[squid-users] Deny ports to users

Amos Jeffries squid3 at treenet.co.nz
Fri Nov 17 03:29:44 UTC 2017


On 17/11/17 08:42, Yuri wrote:
> You choose not appropriate tool for you task.
> 
> Squid is a proxy, not a firewall.
> 

Indeed.


> 
> 17.11.2017 1:40, Jonathan thomas Cho пишет:
>> Hello, I was curious how to restrict users from accessing ports .
>>
>> I have 4 workers and need them to have their own ports and not able to 
>> use the other 3.
>>
>> I currently use :
>>
>> http_port 3128 name=ip2
>> http_port 3129 name=ip3
>> http_port 3130 name=ip4

The above are directives for the *listening* ports receiving 
client<->Squid connections.

You have here configured this Squid *process* (all workers of it) to use 
port 3128 on all IP addresses the machine has been assigned. Same for 
port 3129 and 3130.

Squid cannot control which port a client decides to connect to. It can 
only listen (or not).

I assume you mean you want each worker to use different listening ports. 
That can be done by using the ${process_number} config macro in the port 
number itself eg. http_port 313${Process_number}.
  However, be aware that will lead to issues with the coordinator 
process not being able to manage SMP port functionality and worker 
automatic restart after crashes will have issues since the process 
number changes there too. And you thus cannot reliably use the port 
name/number for other things like you seem to be wanting.

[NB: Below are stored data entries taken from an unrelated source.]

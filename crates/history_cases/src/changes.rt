//! Operations that make an index, open it again and change it.

use crate::case_histories::{CaseDevice, CaseIndex, Histories};
use case_lines::{Arguments, Refusal, document_of_values, flag, number, term_in};
use common::{FuseDevice, MemoryDevice, RawAndDefault};
use definitions::Fault;
use engine::Refused;
use histories::calls;
use schema::Schema;
use serde_json::Value;
use settings::Settings;

/// An index that was made or opened, or why not.
type Made = Result<CaseIndex, Refused<CaseDevice, RawAndDefault>>;

impl Histories {
    /// Keeps the schema of the indexes that are made.
    pub(crate) fn make_schema(&mut self, arguments: &Arguments) -> Result<Value, Refusal> {
        let json = arguments.value(0)?;
        let schema = Schema::from_json_value(self.alloc, json)?;
        self.schema = json.clone()?;
        Ok(number(schema.num_fields() as u64))
    }

    /// Makes an index of the schema and of settings, over a device of its own.
    pub(crate) fn create(&mut self, arguments: &Arguments) -> Result<Value, Refusal> {
        self.put_new(arguments.value(0)?, u64::MAX)?;
        Ok(flag(true))
    }

    /// Makes an index of the schema and of settings, over the device that stands.
    pub(crate) fn create_here(&mut self, arguments: &Arguments) -> Result<Value, Refusal> {
        let configuration = self.configuration(arguments.value(0)?)?;
        let device = self.take_device()?;
        self.put_created(device, u64::MAX, configuration)?;
        Ok(flag(true))
    }

    /// Opens the file of the index that stands; what waits is lost.
    pub(crate) fn open(&mut self) -> Result<Value, Refusal> {
        let device = self.take_device()?;
        self.put_opened(device, u64::MAX)?;
        Ok(flag(true))
    }

    /// Adds the document in an object.
    pub(crate) fn add(&mut self, arguments: &Arguments) -> Result<Value, Refusal> {
        calls::add_value(self.standing_mut()?, arguments.value(0)?)?;
        Ok(flag(true))
    }

    /// Adds the document in a text.
    pub(crate) fn add_text(&mut self, arguments: &Arguments) -> Result<Value, Refusal> {
        calls::add_json(self.standing_mut()?, arguments.text(0)?)?;
        Ok(flag(true))
    }

    /// Adds the values of fields, by their numbers.
    pub(crate) fn add_values(&mut self, arguments: &Arguments) -> Result<Value, Refusal> {
        let doc = document_of_values(self.alloc, arguments.list(0)?)?;
        calls::add_document(self.standing_mut()?, &doc)?;
        Ok(flag(true))
    }

    /// Deletes the documents with a term.
    pub(crate) fn delete(&mut self, arguments: &Arguments) -> Result<Value, Refusal> {
        let term = term_in(self.alloc, arguments.value(0)?)?;
        calls::delete_term(self.standing_mut()?, &term)?;
        Ok(flag(true))
    }

    /// Commits what waits.
    pub(crate) fn commit(&mut self) -> Result<Value, Refusal> {
        calls::commit(self.standing_mut()?)?;
        Ok(flag(true))
    }

    /// Merges the committed segments of a range, given by its two ends.
    pub(crate) fn merge(&mut self, arguments: &Arguments) -> Result<Value, Refusal> {
        let from = arguments.number(0)? as usize;
        let to = arguments.number(1)? as usize;
        calls::merge(self.standing_mut()?, from..to)?;
        Ok(flag(true))
    }

    /// Lets an index of settings stand over a device of its own, under a fuse that blows at the k-th call.
    pub(crate) fn put_new(&mut self, settings: &Value, k: u64) -> Result<(), Fault> {
        self.index = None;
        self.device = None;
        let configuration = self.configuration(settings)?;
        self.put_created(MemoryDevice::new(self.alloc), k, configuration)
    }

    /// Reads the schema that was kept, and settings.
    fn configuration(&self, settings: &Value) -> Result<(Schema, Settings), Fault> {
        let schema = Schema::from_json_value(self.alloc, &self.schema)?;
        let settings = Settings::from_json_value(self.alloc, &schema, settings)?;
        Ok((schema, settings))
    }

    /// Makes an index over a device, under a fuse that blows at the k-th call, and lets it stand.
    fn put_created(
        &mut self,
        device: MemoryDevice,
        k: u64,
        configuration: (Schema, Settings),
    ) -> Result<(), Fault> {
        let fused = FuseDevice::new(device, k);
        let (schema, settings) = configuration;
        self.put(calls::create(self.alloc, fused, RawAndDefault, schema, settings))
    }

    /// Lets the index of a device's file stand, over a fuse that blows at the k-th call.
    pub(crate) fn put_opened(&mut self, device: MemoryDevice, k: u64) -> Result<(), Fault> {
        let fused = FuseDevice::new(device, k);
        self.put(calls::open(self.alloc, fused, RawAndDefault))
    }

    /// Lets a device stand whose file isn't opened.
    pub(crate) fn put_closed(&mut self, device: MemoryDevice) {
        self.device = Some(FuseDevice::new(device, u64::MAX));
    }

    /// Lets an index stand that was made or opened; of one that wasn't, the device is kept.
    fn put(&mut self, made: Made) -> Result<(), Fault> {
        match made {
            Ok(index) => {
                self.index = Some(index);
                Ok(())
            }
            Err(refused) => {
                let Refused { fault, device, .. } = refused;
                self.device = Some(device);
                Err(fault)
            }
        }
    }
}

>> >> acl ip2 myip x.x.x.2
>> acl ip3 myip x.x.x.3
>> acl ip4 myip x.x.x.4

"myip" is deprecated, it does not work at all well. Use "myportname" 
instead.

Your Squid should complain about this when you run '-k parse' to check 
your config validity. If your Squid does not support that new ACL type 
you definitely need to upgrade.


>> tcp_outgoing_address x.x.x.2 ip2
>> tcp_outgoing_address x.x.x.3 ip3
>> tcp_outgoing_address x.x.x.4 ip4
>>

These are for Squid<->server connections. Has nothing to do with 
client<->Squid connections.

The OS selects which ports are use here. Not Squid.


>> However 3129 still work on all 4 ports.
>>

3129 is a port number. Singular. It does not *listen* on other values.

The traffic arriving on connections *to* there is independent of the 
outgoing connection port numbers - which are not controllable as 
mentioned above. So it is not clear what you are trying to say by that.